For the Demi Glace, wash and dry the veal bones and feet. Mix the veal bones with a little oil and roast them at 200 ° C top and bottom heat for about 30 to 40 minutes.
Take bones out of the oven and let cool down completely. Meanwhile, finely dice the onions, carrots and celery.
Fry colorless in a large saucepan with a little oil. Then add the tomato paste and roast for a few minutes, but not too strong.
The vegetables must not become bitter! Put the bones and veal feet in the pot, add the bay leaves and pepper and fill up with 7 liters of ice-cold water.
Then bring to the boil. As soon as the water boils, reduce the heat significantly. Bubbles should only appear sporadically.

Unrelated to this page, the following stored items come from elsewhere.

// Runs a script of steps on a table, its index, a request and lent rows, and prints what the steps answer. A step is nine bytes: a letter, two
// numbers of two bytes and one of four, the high byte first. second/ has the script's meaning and makes the stored input and output.
#![tactic(auto)]

ghost use Rattle.std.specs.Prelude.{◌<◌};
ghost use Rattle.table.specs.Facts.{Table};
ghost use Rattle.store.specs.Given.{prohibition_of};
ghost use Rattle.store.specs.ProhibitionWords.{Storable};

use answer::Refusal;
use decide::Decision;
use explain::Explanation;
use request::Request;
use store::{Association, Prohibition};
use trial::Order;

// How many words of the memory and bytes of the index are lent.
#[derive(Clone, Copy)]
struct Lent {
    words: u32,
    bytes: u32,
}

// A prohibition that is being made.
#[derive(Clone, Copy)]
struct Draft {
    sort: u32,
    form: u32,
    subject: u32,
    rights: u32,
    inclusions: [u32; 4],
}

// What a script keeps from step to step, besides the memory and the index.
#[derive(Clone, Copy)]
struct Kept {
    lent: Lent,
    request: Request,
    draft: Draft,
}

// A number, and a space or the end of the line.
fn say_number(n: u32, end: u8) {
    io::print_decimal(1, n as u64);
    io::write_all(1, &[end]);
}

// A letter, a number and the end of the line.
fn say(letter: u8, n: u32) {
    io::write_all(1, &[letter, b' ']);
    say_number(n, b'\n');
}

// Says a refusal, and nothing of what was done.
fn say_refusal(r: Result<(), Refusal>) {
    if let Err(refusal) = r {
        say(b'R', u32::from(refusal));
    }
}

// Says what was decided.
fn say_decision(d: Result<Decision, Refusal>) {
    match d {
        Ok(Decision::Grant(k)) => say(b'G', k),
        Ok(Decision::Deny) => {
            io::write_all(1, &[b'D', b'\n']);
        }
        Err(refusal) => say(b'R', u32::from(refusal)),
    }
}

// A decision as one number.
fn number_of(d: Result<Decision, Refusal>) -> u32 {
    match d {
        Ok(Decision::Grant(k)) => k % 256,
        Ok(Decision::Deny) => 256,
        Err(refusal) => 512 + u32::from(refusal) % 256,
    }
}

// Gives process i a user, 0 for none; says 2 where it is no id.
fn give_user(mem: &mut [u32], i: u32, user: u32)
    requires table { Table mem.old }
    requires i_bound { i < 256 }
{
    if 511 < user {
        say(b'R', 2);
        return;
    }
    store::set_user(mem, i, user);
}

// Puts an association in; says 3 where it is there, and 10 at the limit.
fn associate(mem: &mut [u32], a: Association)
    requires table { Table mem.old }
    requires attribute_bound { a.attribute < 512 }
    requires target_bound { a.target < 512 }
{
    if store::has_association(mem, a) {
        say(b'R', 3);
        return;
    }
    say_refusal(store::add_association(mem, a));
}

// Four ids from the three numbers of a step.
fn listed(a: u32, b: u32, v: u32) -> [u32; 4] {
    [a, b, v / 65536, v % 65536]
}

// How many ids a list has: those before the first 0.
fn count(ids: [u32; 4]) -> u32 {
    if ids[0] == 0 {
        return 0;
    }
    if ids[1] == 0 {
        return 1;
    }
    if ids[2] == 0 {
        return 2;
    }
    if ids[3] == 0 {
        return 3;
    }
    4
}

// Puts a prohibition in; says 3 where it is there, and 10 at the limit.
fn prohibit(mem: &mut [u32], b: Prohibition)
    requires table { Table mem.old }
    requires storable { Storable (prohibition_of b) }
{
    if store::has_prohibition(mem, b) {
        say(b'R', 3);
        return;
    }
    say_refusal(store::add_prohibition(mem, b));
}

// Puts in the prohibition that was being made, with these exclusions.
fn finish(mem: &mut [u32], d: Draft, inclusions: [u32; 4], exclusions: [u32; 4])
    requires { Table mem.old }
{
    let n = trial::first_of(count(inclusions), &inclusions);
    let m = trial::first_of(count(exclusions), &exclusions);
    let b = Prohibition {
        sort: d.sort % 4,
        subject: d.subject % 512,
        form: d.form % 2,
        rights: d.rights,
        inclusion: &inclusions[..n],
        exclusion: &exclusions[..m],
    };
    prohibit(mem, b);
}

// The steps that change the table; on memory that holds none they say 1.
fn change(mem: &mut [u32], d: Draft, letter: u8, a: u32, b: u32, v: u32) {
    if letter == b'K' {
        say_refusal(trial::give_kind(mem, a, b));
        return;
    }
    if letter == b'A' {
        say_refusal(trial::assign(mem, a, b));
        return;
    }
    if !table::holds(mem) {
        say(b'R', 1);
        return;
    }
    if letter == b'U' {
        give_user(mem, a % 256, b);
        return;
    }
    if letter == b'S' {
        let given = Association {
            attribute: a % 512,
            target: b % 512,
            rights: v,
        };
        associate(mem, given);
        return;
    }
    let inclusions = d.inclusions;
    finish(mem, d, inclusions, listed(a, b, v));
}

// A byte from such a number, 0 but in about `share` of 256 cases.
fn byte_of(x: u32, share: u32) -> u8 {
    if x / 65536 % 256 < share {
        return (x / 16777216) as u8;
    }
    0
}

// Makes the bytes foreign ones.
fn scatter(idx: &mut [u8], seed: u32, share: u32) {
    let mut x = seed;
    for byte in idx.iter_mut() {
        x = trial::mix(x, 0);
        *byte = byte_of(x, share);
    }
}

// The byte with the bit that the mask has, or without it.
fn with_bit(byte: u8, mask: u8, set: bool) -> u8 {
    if set {
        return byte | mask;
    }
    byte & (255 - mask)
}

// Sets or clears the bit of x and y, where there is such a byte.
fn put_bit(idx: &mut [u8], x: u32, y: u32, set: bool) {
    let i = (64 * (x % 512) + y % 512 / 8) as usize;
    if idx.len() <= i {
        return;
    }
    idx[i] = with_bit(idx[i], 128 >> (y % 8), set);
}

// The steps that change the index.
fn change_index(mem: &[u32], idx: &mut [u8], letter: u8, a: u32, b: u32, v: u32) {
    if letter == b'B' {
        say_refusal(index::build(mem, idx));
        return;
    }
    if letter == b'Z' {
        idx.fill((a % 256) as u8);
        return;
    }
    if letter == b'F' {
        scatter(idx, v, a);
        return;
    }
    put_bit(idx, a, b, v % 2 == 1);
}

// Decides plainly or by the index.
fn decide_once(mem: &[u32], idx: &[u8], q: Request, indexed: bool) -> Result<Decision, Refusal> {
    if indexed {
        return decide::decide_indexed(mem, idx, q);
    }
    decide::decide(mem, q)
}

// Decides some times and says the decision once, or `X` and the turn if one was another. Word 7, which is free, counts the turns, so that the
// memory of no turn is that of the turn before it.
fn ask(mem: &mut [u32], idx: &[u8], q: Request, indexed: bool, times: u32) {
    let first = decide_once(mem, idx, q, indexed);
    let number = number_of(first);
    for i in 1..times {
        trial::put(mem, 7, i);
        if number_of(decide_once(mem, idx, q, indexed)) != number {
            say(b'X', i);
            return;
        }
    }
    say_decision(first);
}

// What row i holds before an explanation.
fn unused_row(i: usize) -> [u32; 8] {
    let n = 1000000 + 8 * (i % 65536) as u32;
    [n, n + 1, n + 2, n + 3, n + 4, n + 5, n + 6, n + 7]
}

// Makes each row an unused one.
fn clear_rows(rows: &mut [[u32; 8]]) {
    for (i, row) in rows.iter_mut().enumerate() {
        *row = unused_row(i);
    }
}

// Says a row: eight numbers.
fn say_row(row: [u32; 8]) {
    for n in &row[..7] {
        say_number(*n, b' ');
    }
    say_number(row[7], b'\n');
}

// Says n rows and the first one beyond, as far as there are rows.
fn say_rows(rows: &[[u32; 8]], n: u32) {
    for row in rows.iter().take(n as usize + 1) {
        say_row(*row);
    }
}

// Says a letter and two numbers.
fn say_two(letter: u8, n: u32, m: u32) {
    io::write_all(1, &[letter, b' ']);
    say_number(n, b' ');
    say_number(m, b'\n');
}

// Explains into unused rows, and says the explanation and the rows.
fn explain_into(mem: &[u32], q: Request, rows: &mut [[u32; 8]]) {
    clear_rows(rows);
    match explain::explain_numbers(mem, q, rows) {
        Ok(Explanation::Grant(alternative, n)) => {
            say_two(b'G', alternative, n);
            say_rows(rows, n);
        }
        Ok(Explanation::Deny(n)) => {
            say(b'D', n);
            say_rows(rows, n);
        }
        Err(refusal) => {
            say(b'R', u32::from(refusal));
            say_rows(rows, 0);
        }
    }
}

// Explains with so many rows lent.
fn explain_in(mem: &[u32], q: Request, room: u32) {
    let mut rows = [[0u32; 8]; 1600];
    let n = trial::first_of(room % 1601, &rows);
    explain_into(mem, q, &mut rows[..n]);
}

// The steps that ask.
fn answer(mem: &mut [u32], idx: &[u8], q: Request, letter: u8, v: u32) {
    if letter == b'D' {
        ask(mem, idx, q, false, v);
        return;
    }
    if letter == b'I' {
        ask(mem, idx, q, true, v);
        return;
    }
    if letter == b'E' {
        explain_in(mem, q, v);
        return;
    }
    if letter == b'C' {
        ask(mem, idx, q, false, 1);
        ask(mem, idx, q, true, 1);
    }
}

// Whether the step writes words of the memory.
fn is_write(letter: u8) -> bool {
    if letter == b'N' {
        return true;
    }
    if letter == b'W' {
        return true;
    }
    if letter == b'K' {
        return true;
    }
    if letter == b'U' {
        return true;
    }
    if letter == b'A' {
        return true;
    }
    if letter == b'S' {
        return true;
    }
    letter == b'X'
}

// Whether the step is about the index.
fn is_index_change(letter: u8) -> bool {
    if letter == b'B' {
        return true;
    }
    if letter == b'Z' {
        return true;
    }
    if letter == b'F' {
        return true;
    }
    letter == b'T'
}

// The steps that write words.
fn write(mem: &mut [u32], d: Draft, letter: u8, a: u32, b: u32, v: u32) {
    if letter == b'N' {
        say_refusal(table::new(mem));
        return;
    }
    if letter == b'W' {
        trial::put(mem, a as usize, v);
        return;
    }
    change(mem, d, letter, a, b, v);
}

// One step on what is lent.
fn step(mem: &mut [u32], idx: &mut [u8], k: Kept, letter: u8, a: u32, b: u32, v: u32) {
    if is_write(letter) {
        write(mem, k.draft, letter, a, b, v);
        return;
    }
    if is_index_change(letter) {
        change_index(mem, idx, letter, a, b, v);
        return;
    }
    answer(mem, idx, k.request, letter, v);
}

// One step on as much as is lent.
fn lend(mem: &mut [u32], idx: &mut [u8], k: Kept, letter: u8, a: u32, b: u32, v: u32) {
    let l = k.lent;
    let words = trial::first_of(l.words, mem);
    let bytes = trial::first_of(l.bytes, idx);
    step(&mut mem[..words], &mut idx[..bytes], k, letter, a, b, v);
}

// How much is lent after a step.
fn lent_after(l: Lent, letter: u8, a: u32, b: u32) -> Lent {
    if letter == b'L' {
        return Lent {
            words: a % 8194,
            bytes: b % 32770,
        };
    }
    l
}

// The request with its number k put anew: 0 process, 1 operation, 2 to 4 the arguments.
fn with_number(q: Request, k: u32, v: u32) -> Request {
    let mut r = q;
    if k == 0 {
        r.process = v;
        return r;
    }
    if k == 1 {
        r.operation = v;
        return r;
    }
    if k == 2 {
        r.first = v;
        return r;
    }
    if k == 3 {
        r.second = v;
        return r;
    }
    r.third = v;
    r
}

// The request after a step.
fn request_after(q: Request, letter: u8, a: u32, b: u32, v: u32) -> Request {
    if letter == b'Q' {
        return Request {
            process: a,
            operation: b,
            first: v,
            second: 0,
            third: 0,
        };
    }
    if letter == b'M' {
        return Request {
            process: q.process,
            operation: q.operation,
            first: q.first,
            second: a,
            third: b,
        };
    }
    if letter == b'V' {
        return with_number(q, a % 5, v);
    }
    q
}

// The prohibition after a step.
fn draft_after(d: Draft, letter: u8, a: u32, b: u32, v: u32) -> Draft {
    if letter == b'P' {
        return Draft {
            sort: a / 2,
            form: a % 2,
            subject: b,
            rights: v,
            inclusions: [0; 4],
        };
    }
    if letter == b'J' {
        let ids = listed(a, b, v);
        return Draft {
            sort: d.sort,
            form: d.form,
            subject: d.subject,
            rights: d.rights,
            inclusions: ids,
        };
    }
    d
}

// What is kept after a step.
fn kept_after(k: Kept, letter: u8, a: u32, b: u32, v: u32) -> Kept {
    let lent = lent_after(k.lent, letter, a, b);
    let request = request_after(k.request, letter, a, b, v);
    let draft = draft_after(k.draft, letter, a, b, v);
    Kept {
        lent,
        request,
        draft,
    }
}

// One step, and what is kept after it.
fn turn(o: Order, mem: &mut [u32], idx: &mut [u8], k: Kept) -> Kept {
    let after = kept_after(k, o.letter, o.a, o.b, o.c);
    lend(mem, idx, after, o.letter, o.a, o.b, o.c);
    after
}

// All steps of a script.
fn run(script: &[u8], mem: &mut [u32], idx: &mut [u8]) {
    let mut k = Kept {
        lent: Lent {
            words: 8192,
            bytes: 32768,
        },
        request: Request {
            process: 0,
            operation: 0,
            first: 0,
            second: 0,
            third: 0,
        },
        draft: Draft {
            sort: 0,
            form: 0,
            subject: 0,
            rights: 0,
            inclusions: [0; 4],
        },
    };
    for s in script.as_chunks::<9>().0 {
        k = turn(trial::short_order(s), mem, idx, k);
    }
}

fn main() {
    let mut script = [0u8; 327680];
    let n = io::read_full(0, &mut script);
    let mut mem = [0u32; 8193];
    let mut idx = [0u8; 32769];
    run(&script[..n], &mut mem, &mut idx);
}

Let simmer for 10 hours. In the meantime, skim off the foam that occurs again and again.
After the cooking time, remove the bones and drain the stock through a sieve. Let cool and degrease. Repeat all steps of the basic fund.
Instead of adding 7 liters of cold water, add the 5 liters of basic stock from the first batch and fill up with 2 liters of water.
To prepare the demi glace, now roughly chop the shallots. Reduce the wine with the shallots to about 300 ml and pass through a sieve.
Add to the basic stock (5 L) and reduce everything to 1 L over moderate heat, depending on your taste. Season to taste with a little salt, pepper and game spices.